### Given information
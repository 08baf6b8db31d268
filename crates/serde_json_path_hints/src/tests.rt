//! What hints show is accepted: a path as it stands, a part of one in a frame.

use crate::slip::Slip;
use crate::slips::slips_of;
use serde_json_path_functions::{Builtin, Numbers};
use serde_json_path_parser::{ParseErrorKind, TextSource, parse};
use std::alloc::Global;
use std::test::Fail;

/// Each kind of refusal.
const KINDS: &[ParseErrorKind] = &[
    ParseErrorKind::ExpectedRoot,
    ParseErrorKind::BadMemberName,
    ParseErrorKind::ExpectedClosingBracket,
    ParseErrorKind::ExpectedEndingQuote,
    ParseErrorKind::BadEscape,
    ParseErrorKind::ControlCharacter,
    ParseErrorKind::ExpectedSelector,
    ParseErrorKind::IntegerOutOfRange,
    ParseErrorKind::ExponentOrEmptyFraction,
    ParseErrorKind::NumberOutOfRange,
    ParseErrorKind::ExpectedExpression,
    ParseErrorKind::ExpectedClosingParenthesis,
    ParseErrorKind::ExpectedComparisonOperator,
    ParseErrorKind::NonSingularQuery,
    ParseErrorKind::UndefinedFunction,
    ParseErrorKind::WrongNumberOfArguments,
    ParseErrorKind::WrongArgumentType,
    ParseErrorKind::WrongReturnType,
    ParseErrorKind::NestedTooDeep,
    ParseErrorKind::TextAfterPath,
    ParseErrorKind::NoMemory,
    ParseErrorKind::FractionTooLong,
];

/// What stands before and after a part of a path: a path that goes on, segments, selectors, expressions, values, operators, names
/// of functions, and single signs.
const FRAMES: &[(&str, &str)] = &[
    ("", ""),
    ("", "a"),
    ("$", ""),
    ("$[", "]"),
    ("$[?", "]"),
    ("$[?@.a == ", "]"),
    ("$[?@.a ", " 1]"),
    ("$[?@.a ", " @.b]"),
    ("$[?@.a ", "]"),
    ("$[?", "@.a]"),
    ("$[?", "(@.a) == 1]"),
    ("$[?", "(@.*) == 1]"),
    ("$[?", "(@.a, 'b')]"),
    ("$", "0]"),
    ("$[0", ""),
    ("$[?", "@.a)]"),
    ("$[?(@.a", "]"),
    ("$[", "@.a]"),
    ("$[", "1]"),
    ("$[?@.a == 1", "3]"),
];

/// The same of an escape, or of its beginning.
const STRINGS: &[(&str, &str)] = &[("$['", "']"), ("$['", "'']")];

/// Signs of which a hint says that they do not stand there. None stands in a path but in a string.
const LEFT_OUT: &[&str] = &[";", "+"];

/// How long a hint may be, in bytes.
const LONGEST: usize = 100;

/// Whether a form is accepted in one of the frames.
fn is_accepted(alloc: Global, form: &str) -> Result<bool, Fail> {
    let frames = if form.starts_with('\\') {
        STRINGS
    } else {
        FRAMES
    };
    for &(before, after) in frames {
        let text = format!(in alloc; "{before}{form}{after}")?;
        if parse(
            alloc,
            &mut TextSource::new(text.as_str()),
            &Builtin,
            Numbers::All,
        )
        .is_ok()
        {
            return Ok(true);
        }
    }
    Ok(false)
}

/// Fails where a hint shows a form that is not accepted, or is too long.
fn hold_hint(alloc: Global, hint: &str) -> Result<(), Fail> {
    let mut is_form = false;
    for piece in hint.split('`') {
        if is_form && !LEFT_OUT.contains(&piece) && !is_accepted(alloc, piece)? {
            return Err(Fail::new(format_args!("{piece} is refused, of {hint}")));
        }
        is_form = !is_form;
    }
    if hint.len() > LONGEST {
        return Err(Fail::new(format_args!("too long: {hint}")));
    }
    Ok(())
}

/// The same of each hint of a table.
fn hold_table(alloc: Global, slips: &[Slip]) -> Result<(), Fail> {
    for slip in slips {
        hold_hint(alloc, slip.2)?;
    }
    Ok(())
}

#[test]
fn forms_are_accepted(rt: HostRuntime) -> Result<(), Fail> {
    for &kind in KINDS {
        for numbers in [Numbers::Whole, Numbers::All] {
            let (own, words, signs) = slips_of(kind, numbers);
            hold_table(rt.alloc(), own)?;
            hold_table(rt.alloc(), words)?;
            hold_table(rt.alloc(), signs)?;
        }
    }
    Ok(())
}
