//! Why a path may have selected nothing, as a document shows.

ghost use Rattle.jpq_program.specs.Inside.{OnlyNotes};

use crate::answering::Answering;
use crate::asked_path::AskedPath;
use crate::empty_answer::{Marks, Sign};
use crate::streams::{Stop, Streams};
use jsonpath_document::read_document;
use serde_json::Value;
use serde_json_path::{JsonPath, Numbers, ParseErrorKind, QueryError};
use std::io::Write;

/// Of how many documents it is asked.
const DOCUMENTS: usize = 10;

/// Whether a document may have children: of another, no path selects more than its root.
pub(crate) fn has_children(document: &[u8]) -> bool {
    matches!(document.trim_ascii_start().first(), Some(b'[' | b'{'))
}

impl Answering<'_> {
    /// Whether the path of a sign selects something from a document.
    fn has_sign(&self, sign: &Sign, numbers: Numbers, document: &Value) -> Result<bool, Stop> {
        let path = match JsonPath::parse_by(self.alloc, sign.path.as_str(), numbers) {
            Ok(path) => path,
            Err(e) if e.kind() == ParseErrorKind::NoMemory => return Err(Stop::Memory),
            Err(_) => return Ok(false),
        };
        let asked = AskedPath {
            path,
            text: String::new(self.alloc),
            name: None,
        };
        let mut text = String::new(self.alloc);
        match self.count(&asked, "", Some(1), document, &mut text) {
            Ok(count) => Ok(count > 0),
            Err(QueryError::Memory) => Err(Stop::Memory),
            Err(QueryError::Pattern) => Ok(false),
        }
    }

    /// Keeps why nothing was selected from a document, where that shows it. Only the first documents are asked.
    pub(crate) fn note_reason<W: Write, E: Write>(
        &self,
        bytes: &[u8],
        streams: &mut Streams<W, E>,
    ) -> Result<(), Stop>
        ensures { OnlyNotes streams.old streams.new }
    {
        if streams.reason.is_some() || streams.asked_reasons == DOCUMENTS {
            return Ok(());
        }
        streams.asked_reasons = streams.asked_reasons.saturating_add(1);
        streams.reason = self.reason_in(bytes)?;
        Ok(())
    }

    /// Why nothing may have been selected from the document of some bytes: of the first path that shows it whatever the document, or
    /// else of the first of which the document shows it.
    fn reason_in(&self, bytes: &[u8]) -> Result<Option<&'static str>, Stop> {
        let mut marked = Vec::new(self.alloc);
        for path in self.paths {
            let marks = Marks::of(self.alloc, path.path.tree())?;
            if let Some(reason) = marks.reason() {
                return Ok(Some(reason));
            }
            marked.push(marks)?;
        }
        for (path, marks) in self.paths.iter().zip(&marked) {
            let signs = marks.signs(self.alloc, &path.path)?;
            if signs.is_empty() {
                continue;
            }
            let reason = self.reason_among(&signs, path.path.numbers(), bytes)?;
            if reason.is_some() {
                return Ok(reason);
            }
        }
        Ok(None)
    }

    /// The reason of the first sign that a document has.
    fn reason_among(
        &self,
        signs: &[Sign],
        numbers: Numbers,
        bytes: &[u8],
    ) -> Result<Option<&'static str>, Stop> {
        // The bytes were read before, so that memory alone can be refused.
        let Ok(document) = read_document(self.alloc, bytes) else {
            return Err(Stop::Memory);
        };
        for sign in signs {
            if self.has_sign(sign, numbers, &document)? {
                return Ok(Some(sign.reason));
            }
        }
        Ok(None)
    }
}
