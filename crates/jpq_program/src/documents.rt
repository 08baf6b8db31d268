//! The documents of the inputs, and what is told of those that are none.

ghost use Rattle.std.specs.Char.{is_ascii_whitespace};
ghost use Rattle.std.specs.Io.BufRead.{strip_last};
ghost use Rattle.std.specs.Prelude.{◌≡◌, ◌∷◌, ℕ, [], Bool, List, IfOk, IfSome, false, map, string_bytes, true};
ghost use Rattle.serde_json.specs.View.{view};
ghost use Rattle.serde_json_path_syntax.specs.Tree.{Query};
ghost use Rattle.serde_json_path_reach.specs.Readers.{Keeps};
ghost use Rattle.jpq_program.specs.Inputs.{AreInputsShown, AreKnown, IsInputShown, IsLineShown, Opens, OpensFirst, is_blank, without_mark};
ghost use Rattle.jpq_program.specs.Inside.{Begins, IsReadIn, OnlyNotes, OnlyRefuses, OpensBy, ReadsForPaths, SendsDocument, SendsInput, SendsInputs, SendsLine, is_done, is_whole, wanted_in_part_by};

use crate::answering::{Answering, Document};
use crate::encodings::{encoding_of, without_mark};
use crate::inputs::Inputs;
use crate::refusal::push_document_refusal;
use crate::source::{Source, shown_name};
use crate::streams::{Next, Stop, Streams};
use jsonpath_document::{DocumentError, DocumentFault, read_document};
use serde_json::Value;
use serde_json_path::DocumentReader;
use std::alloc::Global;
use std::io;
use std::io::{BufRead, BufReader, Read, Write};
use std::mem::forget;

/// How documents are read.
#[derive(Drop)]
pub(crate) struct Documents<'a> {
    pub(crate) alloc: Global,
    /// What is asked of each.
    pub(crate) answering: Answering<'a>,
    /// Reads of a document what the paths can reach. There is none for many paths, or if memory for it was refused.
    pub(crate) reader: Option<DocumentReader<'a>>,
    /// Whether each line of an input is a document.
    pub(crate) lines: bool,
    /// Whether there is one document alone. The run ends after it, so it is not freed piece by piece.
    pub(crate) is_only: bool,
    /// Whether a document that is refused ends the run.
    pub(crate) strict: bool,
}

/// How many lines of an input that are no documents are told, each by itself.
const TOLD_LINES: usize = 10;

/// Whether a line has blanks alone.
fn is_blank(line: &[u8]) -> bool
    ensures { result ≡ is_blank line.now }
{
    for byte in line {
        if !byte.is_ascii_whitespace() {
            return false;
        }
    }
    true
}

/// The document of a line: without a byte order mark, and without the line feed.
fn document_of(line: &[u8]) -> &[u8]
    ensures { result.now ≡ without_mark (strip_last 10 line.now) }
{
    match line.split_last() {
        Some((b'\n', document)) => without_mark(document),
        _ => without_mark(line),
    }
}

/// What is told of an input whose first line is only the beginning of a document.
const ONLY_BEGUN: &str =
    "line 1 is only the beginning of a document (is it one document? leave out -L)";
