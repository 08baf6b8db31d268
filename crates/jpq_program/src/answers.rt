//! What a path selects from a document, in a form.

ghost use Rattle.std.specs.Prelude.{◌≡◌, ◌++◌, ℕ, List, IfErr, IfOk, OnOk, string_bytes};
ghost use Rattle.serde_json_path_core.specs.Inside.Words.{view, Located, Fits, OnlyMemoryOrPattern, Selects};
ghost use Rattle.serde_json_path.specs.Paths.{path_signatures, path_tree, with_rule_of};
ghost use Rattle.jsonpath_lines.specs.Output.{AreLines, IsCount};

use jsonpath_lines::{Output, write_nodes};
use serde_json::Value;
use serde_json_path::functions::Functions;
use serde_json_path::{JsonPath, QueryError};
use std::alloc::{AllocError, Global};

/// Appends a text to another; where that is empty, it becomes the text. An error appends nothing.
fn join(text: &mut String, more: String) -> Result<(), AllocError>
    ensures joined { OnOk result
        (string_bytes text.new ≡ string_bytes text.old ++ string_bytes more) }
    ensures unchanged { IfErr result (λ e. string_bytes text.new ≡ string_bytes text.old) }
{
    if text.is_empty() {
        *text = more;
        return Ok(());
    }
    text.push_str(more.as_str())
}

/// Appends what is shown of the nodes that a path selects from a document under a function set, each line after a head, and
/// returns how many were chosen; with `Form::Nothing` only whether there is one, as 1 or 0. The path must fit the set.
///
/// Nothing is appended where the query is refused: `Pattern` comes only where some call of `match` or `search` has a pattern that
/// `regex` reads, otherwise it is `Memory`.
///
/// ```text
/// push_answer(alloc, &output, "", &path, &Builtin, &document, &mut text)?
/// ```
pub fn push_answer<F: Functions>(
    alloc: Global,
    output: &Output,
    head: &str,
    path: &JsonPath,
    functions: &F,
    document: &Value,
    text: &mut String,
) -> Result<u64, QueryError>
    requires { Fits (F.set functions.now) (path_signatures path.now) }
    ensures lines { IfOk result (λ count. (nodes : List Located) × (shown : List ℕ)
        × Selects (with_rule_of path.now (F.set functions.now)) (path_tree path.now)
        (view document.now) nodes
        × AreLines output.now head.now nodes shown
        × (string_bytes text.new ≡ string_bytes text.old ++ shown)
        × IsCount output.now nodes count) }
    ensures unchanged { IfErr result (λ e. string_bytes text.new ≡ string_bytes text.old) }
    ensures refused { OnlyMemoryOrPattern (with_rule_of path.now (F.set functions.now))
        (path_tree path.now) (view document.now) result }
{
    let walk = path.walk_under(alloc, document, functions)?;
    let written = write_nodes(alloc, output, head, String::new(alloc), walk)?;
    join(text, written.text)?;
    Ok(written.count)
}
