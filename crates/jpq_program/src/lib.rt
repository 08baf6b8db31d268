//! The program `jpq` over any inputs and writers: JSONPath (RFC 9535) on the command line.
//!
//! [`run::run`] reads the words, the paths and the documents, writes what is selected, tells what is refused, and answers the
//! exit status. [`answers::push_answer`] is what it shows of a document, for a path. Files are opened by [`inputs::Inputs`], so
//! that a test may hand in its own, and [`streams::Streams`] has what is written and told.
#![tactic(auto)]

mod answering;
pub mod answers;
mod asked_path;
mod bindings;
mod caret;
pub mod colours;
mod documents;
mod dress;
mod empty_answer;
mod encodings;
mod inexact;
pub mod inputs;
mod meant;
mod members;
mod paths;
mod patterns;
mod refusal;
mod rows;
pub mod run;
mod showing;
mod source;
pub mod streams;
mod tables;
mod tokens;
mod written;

### What to do
When you reach the line holding "use crate::refusal::push_document_refusal;" in the records above, begin reproducing exactly, stop after the line holding "#[derive(Drop)]", and output nothing else.

### Output of the exercise
use crate::refusal::push_document_refusal;
use crate::source::{Source, shown_name};
use crate::streams::{Next, Stop, Streams};
use jsonpath_document::{DocumentError, DocumentFault, read_document};
use serde_json::Value;
use serde_json_path::DocumentReader;
use std::alloc::Global;
use std::io;
use std::io::{BufRead, BufReader, Read, Write};
use std::mem::forget;

/// How documents are read.
#[derive(Drop)]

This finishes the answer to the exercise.